Also not sure where you got the 230% and a month behind. I show about 10 -14 days behind 2009. Which was a similar year. As for percentages: I have seen 135 to 155 for the Salmon river drainages but nothing really higher than that.


----------



## jrice345 (Jan 11, 2011)

Snotel SWE is showing 240% for the Salmon Basin and for Banner.


----------



## Wadeinthewater (Mar 22, 2009)

jrice345 said:


> Snotel SWE is showing 240% for the Salmon Basin and for Banner.


ftp://ftp.wcc.nrcs.usda.gov/data/snow/update/id.txt


----------



## Kendarflugen (Jan 31, 2006)

Wadeinthewater said:


> ftp://ftp.wcc.nrcs.usda.gov/data/snow/update/id.txt


So, snow water equivalent is at 240% of average for Salmon Basin & Banner. That's valid.


----------



## idahofloater (Feb 23, 2011)

carvedog said:


> My thoughts are that I should get out of the predicting business. I had a few lucky years in there and now I am getting my ass whipped.
> 
> Regularly.
> 
> ...


the 230 came from snotel but was a typo. Should be 240% SWE. As for a month behind, thats just based on timelines from pass put ins. Usually we start to see some run off durring spring break or we can start planting tomatos med april. But this year, all the ski hills had more snow coming at closing time. (Spring break). We are totally getting April weather right now. So thats where I come up with the "month behind." 

So, now I get to put my foot in my mouth so you can call me out later.

Warmer weather is coming on June 15. By the 20th the river is gona be 8' and its gona hover above 6' all the way to the 4th of July. Its never gona go really big. "A long cool fat run off coming." 



Thanks


----------



## ridecats (Aug 8, 2009)

What do people think about rafting this river at 6 1/2 or 7 feet?


----------



## wildh2onriver (Jul 21, 2009)

ridecats said:


> What do people think about rafting this river at 6 1/2 or 7 feet?


It's fun, fast and offers sneak routes. Wave trains are large and eddies almost non-existent until Dolly Lake.

Rig for flip, dress for swim, as they say. I wouldn't hesitate to run it at those levels with the right group and the right skill/experience.


----------



## GoodTimes (Mar 9, 2006)

wildh2onriver said:


> It's fun, fast and offers sneak routes. Wave trains are large and eddies almost non-existent until Dolly Lake.
> 
> Rig for flip, dress for swim, as they say. I wouldn't hesitate to run it at those levels with the right group and the right skill/experience.


Agreed....if you have the right crew. The sneak at Velvet appears above 6.5'....the rest is big wave trains and fairly obvious "don't go there" routes with ample time and space to miss. Crew essential.


----------



## ridecats (Aug 8, 2009)

I just saw the most recent 1-week forecast. A week from now, the prediction is 6.99 feet and rising. I've got the Matt Leidecker guidebook and he lists 5-7 feet as high water and over 7 as "extreme water," above its bank.


----------



## carvedog (May 11, 2005)

ridecats said:


> I just saw the most recent 1-week forecast. A week from now, the prediction is 6.99 feet and rising. I've got the Matt Leidecker guidebook and he lists 5-7 feet as high water and over 7 as "extreme water," above its bank.
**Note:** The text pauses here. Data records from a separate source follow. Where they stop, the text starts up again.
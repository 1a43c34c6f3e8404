use super::*;
use std::os::unix::fs::symlink;
use vfs_names::Fingerprint;

type Folder = FolderRemote<HostRuntime>;

/// A stage with these bytes, appended in two pieces.
fn staged(
    remote: &mut Folder,
    alloc: Global,
    bytes: &[u8],
) -> Result<FolderStage<HostRuntime>, RemoteError> {
    let (first, rest) = bytes.split_at(bytes.len() / 2);
    let mut stage = remote.stage(alloc)?;
    remote.append(&mut stage, first)?;
    remote.append(&mut stage, rest)?;
    Ok(stage)
}

fn commit(
    remote: &mut Folder,
    alloc: Global,
    stage: FolderStage<HostRuntime>,
    path: &str,
) -> Result<Fingerprint, RemoteError> {
    let Ok(path) = VPath::parse(alloc, path) else {
        return Err(RemoteError::NoMemory);
    };
    if path.is_root() {
        return Err(RemoteError::NoMemory);
    }
    remote.commit(alloc, stage, &path, 77)
}

/// How many names of the folder begin as those of stages do.
fn stages_in(rt: &HostRuntime, folder: &str) -> Result<u64, Fail> {
    let mut count = 0u64;
    for entry in fs::read_dir(rt, folder)? {
        if entry?.file_name().starts_with(".vfs-stage-") {
            count = count.saturating_add(1);
        }
    }
    Ok(count)
}

fn content(rt: &HostRuntime, name: &str) -> Result<Vec<u8>, Fail> {
    Ok(fs::read(rt, name)?)
}

#[test]
fn a_commit_puts_a_file_whole_or_nothing(rt: HostRuntime) -> Result<(), Fail> {
    let alloc = rt.alloc();
    let mut remote = attached(&rt, "stages_commit")?;
    fs::create_dir_all(&rt, "stages_commit/d/e")?;
    put(&rt, "stages_commit/d/old", b"old content", 50)?;
    symlink(&rt, "d/old", "stages_commit/link")?;
    symlink(&rt, "d", "stages_commit/dir")?;
    let long = [b'n'; 300];
    let long = std::str::from_utf8(&long)?;
    let table = [
        ("new", None),
        ("new", None),
        ("d/old", None),
        ("d/e/deep", None),
        ("d", Some(RemoteError::Missing)),
        ("d/e", Some(RemoteError::Missing)),
        ("x/new", Some(RemoteError::Missing)),
        ("new/new", Some(RemoteError::Missing)),
        ("link", Some(RemoteError::Missing)),
        ("dir", Some(RemoteError::Missing)),
        ("dir/new", Some(RemoteError::Missing)),
        (long, Some(RemoteError::Failed)),
    ];
    for (round, (path, error)) in table.iter().enumerate() {
        let bytes = format!(in alloc; "content of round {round}")?;
        let stage = staged(&mut remote, alloc, bytes.as_bytes())?;
        assert_eq!(rt; stages_in(&rt, "stages_commit")?, 1);
        let answer = commit(&mut remote, alloc, stage, path);
        assert_eq!(rt; answer.err(), *error, "{path}");
        assert_eq!(rt; stages_in(&rt, "stages_commit")?, 0, "{path}");
        if let Ok(print) = answer {
            let name = format!(in alloc; "stages_commit/{path}")?;
            assert_eq!(rt; content(&rt, name.as_str())?.as_slice(), bytes.as_bytes());
            assert_eq!(rt; print.size, bytes.len() as u64);
            assert!(rt; print.mtime > 1_000_000_000_000 && print.rev == 0);
            let object = remote.open_object(alloc, &VPath::parse(alloc, path)?)?;
            assert_eq!(rt; object.print(), print);
        }
    }
    assert_eq!(rt;
        content(&rt, "stages_commit/link")?.as_slice(),
        b"content of round 2".as_slice()
    );
    fs::remove_dir_all(&rt, "stages_commit")?;
    Ok(())
}

#[test]
fn an_empty_stage_is_an_empty_object(rt: HostRuntime) -> Result<(), Fail> {
    let alloc = rt.alloc();
    let mut remote = attached(&rt, "stages_empty")?;
    let stage = remote.stage(alloc)?;
    let print = commit(&mut remote, alloc, stage, "a")?;
    assert_eq!(rt; print.size, 0);
    assert_eq!(rt; content(&rt, "stages_empty/a")?.len(), 0);
    fs::remove_dir_all(&rt, "stages_empty")?;
    Ok(())
}

#[test]
fn an_object_of_one_size_gets_another_fingerprint(rt: HostRuntime) -> Result<(), Fail> {
    let alloc = rt.alloc();
    let mut remote = attached(&rt, "stages_time")?;
    // the bytes, how many milliseconds the old file's time is later than the new one's, and that the new one then is
    let table = [
        (b"new".as_slice(), 0, 1),
        (b"new".as_slice(), 1, 2),
        (b"new".as_slice(), 5000, 0),
        (b"longer".as_slice(), 0, 0),
    ];
    for (bytes, ahead, later) in table {
        fs::write(&rt, "stages_time/a", b"old".as_slice())?;
        let stage = staged(&mut remote, alloc, bytes)?;
        let time = stage_time(&rt, "stages_time")?;
        put(&rt, "stages_time/a", b"old", time.saturating_add(ahead))?;
        let path = VPath::parse(alloc, "a")?;
        let before = remote.open_object(alloc, &path)?.print();
        let print = commit(&mut remote, alloc, stage, "a")?;
        assert_eq!(rt; print.mtime, time.saturating_add(later));
        assert!(rt; print != before);
        assert_eq!(rt; remote.open_object(alloc, &path)?.print(), print);
        assert_eq!(rt; content(&rt, "stages_time/a")?.as_slice(), bytes);
    }
    fs::remove_dir_all(&rt, "stages_time")?;
    Ok(())
}

/// The modification time in milliseconds of the one stage's file of a folder.
fn stage_time(rt: &HostRuntime, folder: &str) -> Result<u64, Fail> {
    for entry in fs::read_dir(rt, folder)? {
        let entry = entry?;
        if entry.file_name().starts_with(".vfs-stage-") {
            let since = entry.metadata()?.modified()?.duration_since(UNIX_EPOCH)?;
            let time = u64::try_from(since.as_millis())?;
            return Ok(time);
        }
    }
    Err(Fail::from("no stage"))
}

#[test]
fn a_stage_that_is_dropped_leaves_nothing(rt: HostRuntime) -> Result<(), Fail> {
    let alloc = rt.alloc();
    let mut remote = attached(&rt, "stages_dropped")?;
    {
        let first = staged(&mut remote, alloc, b"first")?;
        let _second = staged(&mut remote, alloc, b"second")?;
        assert_eq!(rt; stages_in(&rt, "stages_dropped")?, 2);
        assert_eq!(rt; listed(alloc, &mut remote, "")?.as_str(), "");
        let print = commit(&mut remote, alloc, first, "a")?;
        assert_eq!(rt; print.size, 5);
        assert_eq!(rt; stages_in(&rt, "stages_dropped")?, 1);
    }
    assert_eq!(rt; stages_in(&rt, "stages_dropped")?, 0);
    assert_eq!(rt;
        content(&rt, "stages_dropped/a")?.as_slice(),
        b"first".as_slice()
    );
    fs::remove_dir_all(&rt, "stages_dropped")?;
    Ok(())
}

#[test]
fn a_folder_that_is_renamed_away_and_back_loses_nothing(rt: HostRuntime) -> Result<(), Fail> {
    let alloc = rt.alloc();
    let _ = fs::remove_dir_all(&rt, "stages_away_now");
    let mut remote = attached(&rt, "stages_away")?;
    put(&rt, "stages_away/a", b"old", 50)?;
    let lost = staged(&mut remote, alloc, b"lost")?;
    let mut kept = staged(&mut remote, alloc, b"kept")?;
    fs::rename(&rt, "stages_away", "stages_away_now")?;
    assert_eq!(rt; remote.stage(alloc).err(), Some(RemoteError::Failed));
    let missing = commit(&mut remote, alloc, lost, "a");
    assert_eq!(rt; missing, Err(RemoteError::Missing));
    assert_eq!(rt; remote.append(&mut kept, b" on"), Ok(()));
    fs::rename(&rt, "stages_away_now", "stages_away")?;
    assert_eq!(rt;
        content(&rt, "stages_away/a")?.as_slice(),
        b"old".as_slice()
    );
    assert_eq!(rt; commit(&mut remote, alloc, kept, "a")?.size, 7);
    assert_eq!(rt;
        content(&rt, "stages_away/a")?.as_slice(),
        b"kept on".as_slice()
    );
    assert_eq!(rt; stages_in(&rt, "stages_away")?, 1);
    remote.attach("stages_away")?;
    assert_eq!(rt; stages_in(&rt, "stages_away")?, 0);
    fs::remove_dir_all(&rt, "stages_away")?;
    Ok(())
}

#[test]
fn what_a_dead_run_left_is_removed_at_attach(rt: HostRuntime) -> Result<(), Fail> {
    let alloc = rt.alloc();
    let mut remote = attached(&rt, "stages_dead")?;
    put(&rt, "stages_dead/.vfs-stage-0", b"dead", 50)?;
    put(&rt, "stages_dead/.vfs-stage-12", b"dead", 50)?;
    put(&rt, "stages_dead/.vfs-stage-007", b"other", 50)?;
    put(&rt, "stages_dead/.vfs-stage-x", b"other", 50)?;
    put(&rt, "stages_dead/a", b"object", 50)?;
    fs::create_dir(&rt, "stages_dead/.vfs-stage-3")?;
    symlink(&rt, "a", "stages_dead/.vfs-stage-4")?;
    let held = staged(&mut remote, alloc, b"held")?;
    assert_eq!(rt; stages_in(&rt, "stages_dead")?, 7);
    let mut other = FolderRemote::new(alloc, rt);
    other.attach("stages_dead")?;
    assert_eq!(rt; stages_in(&rt, "stages_dead")?, 5);
    assert_eq!(rt;
        content(&rt, "stages_dead/a")?.as_slice(),
        b"object".as_slice()
    );
    let second = staged(&mut other, alloc, b"second")?;
    assert_eq!(rt; commit(&mut remote, alloc, held, "a")?.size, 4);
    assert_eq!(rt; commit(&mut other, alloc, second, "a")?.size, 6);
    assert_eq!(rt;
        content(&rt, "stages_dead/a")?.as_slice(),
        b"second".as_slice()
    );
    fs::remove_dir_all(&rt, "stages_dead")?;
    Ok(())
}

#[test]
fn a_stage_that_others_changed_is_not_committed(rt: HostRuntime) -> Result<(), Fail> {
    let alloc = rt.alloc();
    let mut remote = attached(&rt, "stages_changed")?;
    put(&rt, "stages_changed/a", b"old", 50)?;
    for round in 0..3u64 {
        let stage = staged(&mut remote, alloc, b"new")?;
        let name = format!(in alloc; "stages_changed/.vfs-stage-{round}")?;
        match round {
            0 => fs::write(&rt, name.as_str(), b"more than that".as_slice())?,
            1 => fs::remove_file(&rt, name.as_str())?,
            _ => {
                fs::remove_file(&rt, name.as_str())?;
                fs::write(&rt, name.as_str(), b"bad".as_slice())?;
            }
        }
        let answer = commit(&mut remote, alloc, stage, "a");
        assert_eq!(rt; answer, Err(RemoteError::Failed), "{round}");
        assert_eq!(rt;
            content(&rt, "stages_changed/a")?.as_slice(),
            b"old".as_slice()
        );
    }
    assert_eq!(rt;
        content(&rt, "stages_changed/.vfs-stage-2")?.as_slice(),
        b"bad".as_slice()
    );
    fs::remove_dir_all(&rt, "stages_changed")?;
    Ok(())
}

#[test]
fn a_store_without_a_folder_has_no_stages(rt: HostRuntime) {
    let mut remote = FolderRemote::new(rt.alloc(), rt);
    assert_eq!(rt; remote.stage(rt.alloc()).err(), Some(RemoteError::Failed));
}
The NOAA 'forecast' is complete shit and I wouldn't trust it at all. A stopped clock is still right twice a day. Do not base your floating decisions for the MF on NOAA.


----------



## abron (Nov 19, 2004)

So this seems to bode well for at least decent flow in August. I got invited on a MF trip launching on 8/16. we have been contemplating flying in gear and all those issues for low water, but this is looking as hopeful as can be for at least a decent low level in August. I am pumped!!!! warm weather and possibly even water...!! (and I just traded up to 2011 JK Superhero, so I got my MF boat... :mrgreen: :mrgreen 
whats the word for august? as a rough approximation of course... 
thanks, Abe


----------



## lhowemt (Apr 5, 2007)

carvedog said:


> The NOAA 'forecast' is complete shit and I wouldn't trust it at all. A stopped clock is still right twice a day. Do not base your floating decisions for the MF on NOAA.
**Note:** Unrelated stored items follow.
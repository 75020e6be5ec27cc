//! Lets sites hear letters, and compares what they send, and their state and copies in the end, with what stands beside the letters. The
//! first sequences are worked by hand; the others are random, and what is wanted is what a reference model has (tests/make_letters.py has
//! the form of the lines).
//!
//! The first letter of a sequence that a site answers otherwise is printed, and what it sends then.
#![tactic(auto)]

mod hearing;

use anyhow::{Result, bail};
use hearing::{State, hears_alike};
use raid_base::Site;
use raid_letter_lines::{Step, Text, Words, add_line};
use raid_workload::Workload;

/// What has been read: the workload, and the sequence so far.
#[derive(Drop)]
struct Table {
    text: Text,
    workload: Option<Workload>,
    site: Site,
    steps: Vec<Step>,
    state: Option<State>,
    sequences: u32,
    letters: usize,
    differ: u32,
}

impl Table {
    /// Hears the sequence, whose last line has these copies.
    fn hear(&mut self, rt: &HostRuntime, copies: &mut Words) -> Result<()> {
        let Some(workload) = &self.workload else {
            bail!("no workload");
        };
        self.sequences = self.sequences.saturating_add(1);
        self.letters = self.letters.saturating_add(self.steps.len());
        if !hears_alike(
            rt,
            workload,
            self.site,
            self.steps.as_slice(),
            self.state,
            copies,
        )? {
            self.differ = self.differ.saturating_add(1);
            println!(rt; "so in sequence {}", self.sequences)?;
        }
        Ok(())
    }

    /// Adds a line of a workload text.
    fn add_text(&mut self, rt: &HostRuntime, line: &str) -> Result<()> {
        if self.text.add(line)? {
            let Ok(workload) = raid_text::parse(rt.alloc(), self.text.as_bytes()?) else {
                bail!("no workload text");
            };
            self.workload = Some(workload);
        }
        Ok(())
    }

    /// Adds a line.
    fn add(&mut self, rt: &HostRuntime, line: &str) -> Result<()> {
        if add_line(rt.alloc(), &mut self.steps, line)? {
            return Ok(());
        }
        let mut words = Words::new(line);
        match words.word() {
            "site" => {
                self.site = words.site()?;
                self.steps.clear();
                self.state = None;
                Ok(())
            }
            "state" => {
                self.state = Some((words.word() == "up", words.number()?));
                Ok(())
            }
            "copies" => self.hear(rt, &mut words),
            _ => self.add_text(rt, line),
        }
    }
}

fn main(rt: HostRuntime) -> Result<()> {
    let mut table = Table {
        text: Text::new(rt.alloc()),
        workload: None,
        site: Site(1),
        steps: Vec::new(rt.alloc()),
        state: None,
        sequences: 0,
        letters: 0,
        differ: 0,
    };
    for line in rt.lines(rt.alloc()) {
        let line = line?;
        table.add(&rt, line.as_str())?;
    }
    println!(rt;
        "{} sequences of {} letters, {} heard otherwise",
        table.sequences, table.letters, table.differ
    )?;
    Ok(())
}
CD, our entire neighborhood is counting on your theory. As they project it is going to flood (again this year) and get as high as '97. I've really become aware over the past week and a half how much the river projections are high. Although once on the Lochsa it was very low, but typically they are high. Especially with high water and boater safety (IMO) and flooding potential to homes, they are going to give you the forecast if all of the river rising things happen. For example, it's supposed to rain a bunch Tue/Wed, but they say the models aren't clear, so they're projecting the rain everywhere, and the river forecast reflects that. Crossing my fingers Western MT doesn't see much rain in the next 3-4 days.

Abe, I'm doing a late Aug trip, and one of the guys on the trip has a ton of low water MF trips. He's confident it will be over 2', maybe 2.2. But time will tell.


----------



## slamkal (Apr 8, 2009)

abron said:


> So this seems to bode well for at least decent flow in August. I got invited on a MF trip launching on 8/16. we have been contemplating flying in gear and all those issues for low water, but this is looking as hopeful as can be for at least a decent low level in August. I am pumped!!!! warm weather and possibly even water...!! (and I just traded up to 2011 JK Superhero, so I got my MF boat... :mrgreen: :mrgreen
> whats the word for august? as a rough approximation of course...
> thanks, Abe


if you are lucky it will be 2'. A lot can change between now and then, a hot summer can melt the snow by then. If less than 2' you will probably want to fly in at least some of your gear (did I mean "Beer"?) and obviously still pack light


----------



## abron (Nov 19, 2004)

I'll take lucky...:mrgreen: and pack light. gots to seeing as how i am a parasitical kayaker...errr, i mean safetyboter...! gonna have to compensate someone well for carrying my crap. and i will happily take turns rowing.... 100 miles is a long way in tupperware...


----------



## lhowemt (Apr 5, 2007)

slamkal said:


> if you are lucky it will be 2'. A lot can change between now and then, a hot summer can melt the snow by then. If less than 2' you will probably want to fly in at least some of your gear (did I mean "Beer"?) and obviously still pack light



Have you noticed the weather in this area at all? We're still in Sprinter, spring and winter. Although this past weekend was finally warm (sun, 80, which was the first time this year, and I mean it's been cold and rainy not just sunny and 70). And the forecasts are for continued cool wet weather. Bad for our neighborhood flooding, good for long slow runoff. Maybe we'll get spring by July.


----------



## Remix79 (Apr 17, 2011)

Just go off the top at any flow. It is a beautiful place not to be missed.
I say the bigger the raft the better, 18ft boats sit alot h8igher in the water than 14ft boats with the same amount of gear. If it's at 2ft you will be styling.

As for near 7ft, have a solid crew of rafters and kayakers in the water to help if the shit hits the fan. Watch out for Murphs Hole.


----------